#### Provided information:
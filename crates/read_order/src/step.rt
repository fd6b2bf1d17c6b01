// Where a frame stands after an event that may come.
ghost use Rattle.std.specs.Prelude.{◌≡◌, ◌+◌, ◌*◌, ◌^◌, ◌≤◌, ◌<◌};
ghost use Rattle.layout.specs.declared.columns.Family.TheVariants.{Pre, Post};
ghost use Rattle.read_order.specs.Inner.{JoinedAt, Ready, After, RowAfter};

use crate::stage::{Stage, Word};
use layout::columns::Family;

// Those whose Post is to come, after a Pre at `at` that follows their own.
fn with_pre(file: &[u8], span: usize, m: Stage, w: Word, at: usize, next: usize) -> Stage
    requires { JoinedAt file.now span m w at next }
    ensures { After file.now span m w next Pre result }
{
    if m.due == 0 {
        return Stage {
            rank: 2,
            id: w.id,
            pre: at,
            due: 1,
        };
    }
    Stage {
        rank: 2,
        id: w.id,
        pre: m.pre,
        due: m.due + 1,
    }
}

// Those whose Post is to come, after the first one's Post.
fn with_post(file: &[u8], span: usize, m: Stage, w: Word, next: usize) -> Stage
    requires { (0 < m.due) × (m.pre + span < 2 ^ 64) × (m.pre + m.due * span ≤ next) }
    ensures { After file.now span m w next Post result }
{
    Stage {
        rank: 7,
        id: w.id,
        pre: m.pre + span,
        due: m.due - 1,
    }
}

// Those whose Post is to come, after an event of nobody: they stay.
fn with_row(file: &[u8], span: usize, m: Stage, rank: u8, w: Word, next: usize) -> Stage
    requires { (rank ≤ 2 → m.due ≡ 0) × (m.pre + m.due * span ≤ next) }
    ensures { RowAfter file.now span m rank w next result }
{
    Stage {
        rank,
        id: w.id,
        pre: m.pre,
        due: m.due,
    }
}

// The frame after an event that may come, and before the next place.
pub fn moved(
    file: &[u8],
    span: usize,
    m: Stage,
    family: Family,
    w: Word,
    at: usize,
    next: usize,
) -> Stage
    requires { Ready file.now span m w at next family × (m.pre + m.due * span ≤ next) }
    ensures { After file.now span m w next family result }
{
    match family {
        Family::Pre => with_pre(file, span, m, w, at, next),
        Family::Post => with_post(file, span, m, w, next),
        Family::FrameStart => with_row(file, span, m, 1, w, next),
        Family::FodPlatform => with_row(file, span, m, 3, w, next),
        Family::DreamlandWhispy => with_row(file, span, m, 4, w, next),
        Family::StadiumTransformation => with_row(file, span, m, 5, w, next),
        Family::Item => with_row(file, span, m, 6, w, next),
        Family::FrameEnd => with_row(file, span, m, 8, w, next),
    }
}
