// Where a frame stands after some of its events, and what an event says.
ghost use Rattle.std.specs.Prelude.{◌≡◌};
ghost use Rattle.grammar.specs.Machine.{slot_said, player};
ghost use Rattle.read_order.specs.Inner.{said_of, inside, closed_at};

use format::version::Version;
use layout::columns::Family;

// Where a frame stands: the rank of its last event, its id, where its first Pre stands whose Post is to come, and how many those are.
#[derive(Clone, Copy)]
pub struct Stage {
    pub rank: u8,
    pub id: u32,
    pub pre: usize,
    pub due: usize,
}

// What an event says: its frame's id and, of a player's, who it is.
#[derive(Clone, Copy)]
pub struct Word {
    pub id: u32,
    pub port: u32,
    pub follower: u32,
}

// The slot of a player's event.
pub fn slot(w: Word) -> usize
    ensures { result ≡ slot_said (said_of w) }
{
    2 * (w.port as usize) + w.follower as usize
}

// Whether the port is up to 3 and the follower's mark 0 or 1.
pub fn is_player(w: Word) -> bool
    ensures { result ≡ player (said_of w) }
{
    if w.port <= 3 {
        return w.follower <= 1;
    }
    false
}

// Whether the event is of the frame, and no later event of it came.
pub fn is_inside(m: Stage, rank: u8, w: Word) -> bool
    ensures { result ≡ inside m rank w }
{
    if m.rank <= rank {
        return m.id == w.id;
    }
    false
}

// Whether a frame may end here.
pub fn is_closed(v: Version, m: Stage) -> bool
    ensures { result ≡ closed_at v m }
{
    if m.due != 0 {
        return false;
    }
    if Family::FrameEnd.exists(v) {
        return m.rank == 8;
    }
    true
}
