// Whether an event may come where a frame stands.
ghost use Rattle.std.specs.Prelude.{◌≡◌, ◌+◌, ◌*◌, ◌≤◌, length};
ghost use Rattle.layout.specs.declared.columns.Family.TheVariants.{Pre};
ghost use Rattle.grammar.specs.Machine.{orderly};
ghost use Rattle.read_order.specs.Inner.{order_of, said_of, state_in, stands, next_at, end_at};

use crate::due::{PortOrder, may_come, slot_at};
use crate::stage::{Stage, Word, is_closed, is_inside, is_player, slot};
use format::version::Version;
use layout::columns::Family;

// Whether a Pre may stand here: in its frame, or as the first of one before 2.2.
fn may_stand(v: Version, m: Stage, w: Word) -> bool
    ensures { result ≡ stands v m w }
{
    if is_inside(m, 2, w) {
        return true;
    }
    if Family::FrameStart.exists(v) {
        return false;
    }
    is_closed(v, m)
}

// Whether a Pre may come: it may stand here, and its player may come after those that are due.
fn pre_may(file: &[u8], v: Version, order: PortOrder, span: usize, m: Stage, w: Word) -> bool
    requires { (7 ≤ span) × (m.pre + m.due * span ≤ length file.now) }
    ensures { result ≡ orderly v (order_of order) (state_in file.now span m) Pre (said_of w) }
{
    if may_stand(v, m, w) {
        if is_player(w) {
            return may_come(file, order, span, m.pre, m.due, slot(w));
        }
    }
    false
}

// Whether a Post may come: the player is the next whose Post is to come.
fn post_may(file: &[u8], span: usize, m: Stage, w: Word) -> bool
    requires { (7 ≤ span) × (m.pre + m.due * span ≤ length file.now) }
    ensures { result ≡ next_at file.now span m w }
{
    if is_inside(m, 7, w) & is_player(w) & (0 < m.due) {
        return slot_at(file, m.pre) == slot(w);
    }
    false
}

// Whether a FrameEnd may come: no Post is to come.
fn end_may(m: Stage, w: Word) -> bool
    ensures { result ≡ end_at m w }
{
    if is_inside(m, 7, w) {
        return m.due == 0;
    }
    false
}

// Whether an event of this family may come.
pub fn may(
    file: &[u8],
    v: Version,
    order: PortOrder,
    span: usize,
    m: Stage,
    family: Family,
    w: Word,
) -> bool
    requires { (7 ≤ span) × (m.pre + m.due * span ≤ length file.now) }
    ensures { result ≡ orderly v (order_of order) (state_in file.now span m) family (said_of w) }
{
    match family {
        Family::FrameStart => is_closed(v, m),
        Family::Pre => pre_may(file, v, order, span, m, w),
        Family::FodPlatform => is_inside(m, 3, w),
        Family::DreamlandWhispy => is_inside(m, 4, w),
        Family::StadiumTransformation => is_inside(m, 5, w),
        Family::Item => is_inside(m, 6, w),
        Family::Post => post_may(file, span, m, w),
        Family::FrameEnd => end_may(m, w),
    }
}
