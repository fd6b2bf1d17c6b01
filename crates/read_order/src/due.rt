// The players whose Post is to come. They are not stored: they are the Pre events at a place of the file, one after another.
ghost use Rattle.std.specs.Prelude.{◌≡◌, ◌+◌, ◌*◌, ◌≤◌, ◌<◌, length};
ghost use Rattle.grammar.specs.WellFormed.{anyhow, may_precede, may_come};
ghost use Rattle.read_order.specs.Inner.{order_of, slot_at, due_in};

// Ports ascend, or come in any order.
#[derive(Clone, Copy)]
pub enum PortOrder {
    Ascending,
    Anyhow,
}

// The slot of the player's event at `at`.
pub fn slot_at(file: &[u8], at: usize) -> usize
    requires { at + 6 < length file.now }
    ensures { (result ≡ slot_at file.now at) × (result < 1024) }
{
    2 * wire::wide(file[at + 5]) + wire::wide(file[at + 6])
}

// Whether slot j may stand before slot k, right before it or not, with the ports in any order.
fn stands_anyhow(right: bool, j: usize, k: usize) -> bool
    ensures { result ≡ may_precede anyhow right j k }
{
    if j / 2 != k / 2 {
        return true;
    }
    right & (j < k)
}

// Whether slot j may stand before slot k, right before it or not.
fn stands_before(order: PortOrder, right: bool, j: usize, k: usize) -> bool
    ensures { result ≡ may_precede (order_of order) right j k }
{
    match order {
        PortOrder::Ascending => j < k,
        PortOrder::Anyhow => stands_anyhow(right, j, k),
    }
}

// Whether slot k may come after those that are due.
pub fn may_come(
    file: &[u8],
    order: PortOrder,
    span: usize,
    pre: usize,
    due: usize,
    k: usize,
) -> bool
    requires { (7 ≤ span) × (pre + due * span ≤ length file.now) }
    ensures { result ≡ may_come (order_of order) (due_in file.now span pre due) k }
{
    let mut p = pre;
    for n in (0..due).rev() {
        let j = slot_at(file, p);
        if !stands_before(order, n == 0, j, k) {
            return false;
        }
        p += span;
    }
    true
}
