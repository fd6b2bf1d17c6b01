// The order of a frame's events, one event at a time over a lent file: what may come where a frame stands, and where it stands then.
#![tactic(auto)]

pub mod due;
pub mod order;
pub mod stage;
pub mod step;
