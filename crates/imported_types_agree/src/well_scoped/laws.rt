//! The laws on closed scopes of units that use others.

ghost use Rattle.imported_types_agree.specs.well_scoped.Scopes.{AreWellScoped};

/// A scope is complete at its beginning, and stays so where it uses units whose interfaces are closed and fit.
pub fn scope_laws()
    ensures { AreWellScoped }
{}
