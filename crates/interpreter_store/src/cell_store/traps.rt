//! Why a step gives nothing.

ghost use Rattle.std.specs.Prelude.{◌≡◌};

use std::alloc::{AllocError, AllocFailed};

/// Why nothing is found.
#[derive(Clone, Copy, Debug, PartialEq, Eq)]
pub enum Trap {
    /// An act that the language leaves undefined, by its number.
    Act(u8),
    /// A runtime error, by its code.
    Error(u8),
    /// A step that no typed program asks for.
    IllTyped,
}

/// Why a step that may take memory gives nothing.
#[derive(Clone, Copy, Debug, PartialEq, Eq)]
pub enum Stop {
    /// Memory ran out, or a number passes the integers that hold such numbers here.
    OutOfMemory,
    Trapped(Trap),
}

impl From<AllocError> for Stop {
    ghost use Rattle.interpreter_store.specs.declared.cell_store.traps.Stop.{Stop};

    ghost from_gives = { λ _ stop. stop ≡ Stop.OutOfMemory };

    fn from(_error: AllocError) -> Stop {
        Stop::OutOfMemory
    }
}

impl<T: Drop> From<AllocFailed<T>> for Stop {
    ghost use Rattle.interpreter_store.specs.declared.cell_store.traps.Stop.{Stop};

    ghost from_gives = { λ _ stop. stop ≡ Stop.OutOfMemory };

    fn from(_error: AllocFailed<T>) -> Stop {
        Stop::OutOfMemory
    }
}

impl From<Trap> for Stop {
    ghost use Rattle.interpreter_store.specs.declared.cell_store.traps.Stop.{Stop};

    ghost from_gives = { λ trap stop. stop ≡ Stop.Trapped trap };

    fn from(trap: Trap) -> Stop {
        Stop::Trapped(trap)
    }
}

#### Exercise objective:
Look back at the data above. Transcribe exactly the lines starting at the line that contains "PortOrder::Ascending => j" and ending at the line that contains "filename crates/interpreter_store/src/cell_store/traps.rt".

#### Expected output:
        PortOrder::Ascending => j < k,
        PortOrder::Anyhow => stands_anyhow(right, j, k),
    }
}

// Whether slot k may come after those that are due.
pub fn may_come(
    file: &[u8],
    order: PortOrder,
    span: usize,
    pre: usize,
    due: usize,
    k: usize,
) -> bool
    requires { (7 ≤ span) × (pre + due * span ≤ length file.now) }
    ensures { result ≡ may_come (order_of order) (due_in file.now span pre due) k }
{
    let mut p = pre;
    for n in (0..due).rev() {
        let j = slot_at(file, p);
        if !stands_before(order, n == 0, j, k) {
            return false;
        }
        p += span;
    }
    true
}
repository fd6b2bf1d17c6b01
// The order of a frame's events, one event at a time over a lent file: what may come where a frame stands, and where it stands then.
#![tactic(auto)]

pub mod due;
pub mod order;
pub mod stage;
pub mod step;
filename crates/imported_types_agree/src/well_scoped/laws.rt
//! The laws on closed scopes of units that use others.

ghost use Rattle.imported_types_agree.specs.well_scoped.Scopes.{AreWellScoped};

/// A scope is complete at its beginning, and stays so where it uses units whose interfaces are closed and fit.
pub fn scope_laws()
    ensures { AreWellScoped }
{}
filename crates/interpreter_store/src/cell_store/traps.rt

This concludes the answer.